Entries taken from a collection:
Content starts
//! How far along a path one is.
ghost use Rattle.std.specs.Prelude.{◌≡◌, IfOk, string_bytes};
ghost use Rattle.path_pkg.specs.Path.{is_absolute};
ghost use Rattle.path_pkg.specs.Place.{spot_of};
ghost use Rattle.path_pkg.specs.Spot.{spot_text, above, below, noted, beside, start};

use crate::path::{is_absolute, path_text};
use dist_types::text::Text;
use std::alloc::{AllocError, Global};

/// The path so far, and the links that were replaced on it, each with what stands in its place.
#[derive(Debug, Drop)]
pub struct Place {
    pub absolute: bool,
    pub parts: Vec<Text>,
    pub links: Vec<(Text, Text)>,
}

/// Where a path is taken from.
pub(crate) fn start(alloc: Global, path: &str) -> Place
    ensures { spot_of result ≡ start path.now }
{
    Place {
        absolute: is_absolute(path),
        parts: Vec::new(alloc),
        links: Vec::new(alloc),
    }
}

/// The text of the path so far.
pub(crate) fn text(alloc: Global, place: &Place) -> Result<String, AllocError>
    ensures { IfOk result (λ text. string_bytes text ≡ spot_text (spot_of place.now)) }
{
    path_text(alloc, place.absolute, &place.parts)
}

/// Without the last part.
pub(crate) fn above(place: Place) -> Place
    ensures { spot_of result ≡ above (spot_of place) }
{
    let Place {
        absolute,
        mut parts,
        links,
    } = place;
    let _ = parts.pop();
    Place {
        absolute,
        parts,
        links,
    }
}

/// With one part more.
pub(crate) fn below(place: Place, name: Text) -> Result<Place, AllocError>
    ensures { IfOk result (λ p. spot_of p ≡ below (spot_of place) name) }
{
    let Place {
        absolute,
        mut parts,
        links,
    } = place;
    parts.push(name)?;
    Ok(Place {
        absolute,
        parts,
        links,
    })
}

/// With the link at a path noted, which led here.
pub(crate) fn noted(alloc: Global, place: Place, path: Text) -> Result<Place, AllocError>
    ensures { IfOk result (λ p. spot_of p ≡ noted (spot_of place) path) }
{
    let text = text(alloc, &place)?;
    let Place {
        absolute,
        parts,
        mut links,
    } = place;
    links.push((path, Text::new(text)))?;
    Ok(Place {
        absolute,
        parts,
        links,
    })
}

/// Where the target of a link in this directory is taken from.
pub(crate) fn beside(alloc: Global, place: Place, target: &str) -> Place
    ensures { spot_of result ≡ beside (spot_of place) target.now }
{
    if !is_absolute(target) {
        return place;
    }
    let Place {
        absolute: _,
        parts: _,
        links,
    } = place;
    Place {
        absolute: true,
        parts: Vec::new(alloc),
        links,
    }
}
Content ends
- _WORK INSTRUCTIONS_:
The entries shown above must be reproduced in full, exactly as written.

- _SOLUTION TO THE EXERCISE_:
//! How far along a path one is.
ghost use Rattle.std.specs.Prelude.{◌≡◌, IfOk, string_bytes};
ghost use Rattle.path_pkg.specs.Path.{is_absolute};
ghost use Rattle.path_pkg.specs.Place.{spot_of};
ghost use Rattle.path_pkg.specs.Spot.{spot_text, above, below, noted, beside, start};

use crate::path::{is_absolute, path_text};
use dist_types::text::Text;
use std::alloc::{AllocError, Global};

/// The path so far, and the links that were replaced on it, each with what stands in its place.
#[derive(Debug, Drop)]
pub struct Place {
    pub absolute: bool,
    pub parts: Vec<Text>,
    pub links: Vec<(Text, Text)>,
}

/// Where a path is taken from.
pub(crate) fn start(alloc: Global, path: &str) -> Place
    ensures { spot_of result ≡ start path.now }
{
    Place {
        absolute: is_absolute(path),
        parts: Vec::new(alloc),
        links: Vec::new(alloc),
    }
}

/// The text of the path so far.
pub(crate) fn text(alloc: Global, place: &Place) -> Result<String, AllocError>
    ensures { IfOk result (λ text. string_bytes text ≡ spot_text (spot_of place.now)) }
{
    path_text(alloc, place.absolute, &place.parts)
}

/// Without the last part.
pub(crate) fn above(place: Place) -> Place
    ensures { spot_of result ≡ above (spot_of place) }
{
    let Place {
        absolute,
        mut parts,
        links,
    } = place;
    let _ = parts.pop();
    Place {
        absolute,
        parts,
        links,
    }
}

/// With one part more.
pub(crate) fn below(place: Place, name: Text) -> Result<Place, AllocError>
    ensures { IfOk result (λ p. spot_of p ≡ below (spot_of place) name) }
{
    let Place {
        absolute,
        mut parts,
        links,
    } = place;
    parts.push(name)?;
    Ok(Place {
        absolute,
        parts,
        links,
    })
}

/// With the link at a path noted, which led here.
pub(crate) fn noted(alloc: Global, place: Place, path: Text) -> Result<Place, AllocError>
    ensures { IfOk result (λ p. spot_of p ≡ noted (spot_of place) path) }
{
    let text = text(alloc, &place)?;
    let Place {
        absolute,
        parts,
        mut links,
    } = place;
    links.push((path, Text::new(text)))?;
    Ok(Place {
        absolute,
        parts,
        links,
    })
}

/// Where the target of a link in this directory is taken from.
pub(crate) fn beside(alloc: Global, place: Place, target: &str) -> Place
    ensures { spot_of result ≡ beside (spot_of place) target.now }
{
    if !is_absolute(target) {
        return place;
    }
    let Place {
        absolute: _,
        parts: _,
        links,
    } = place;
    Place {
        absolute: true,
        parts: Vec::new(alloc),
        links,
    }
}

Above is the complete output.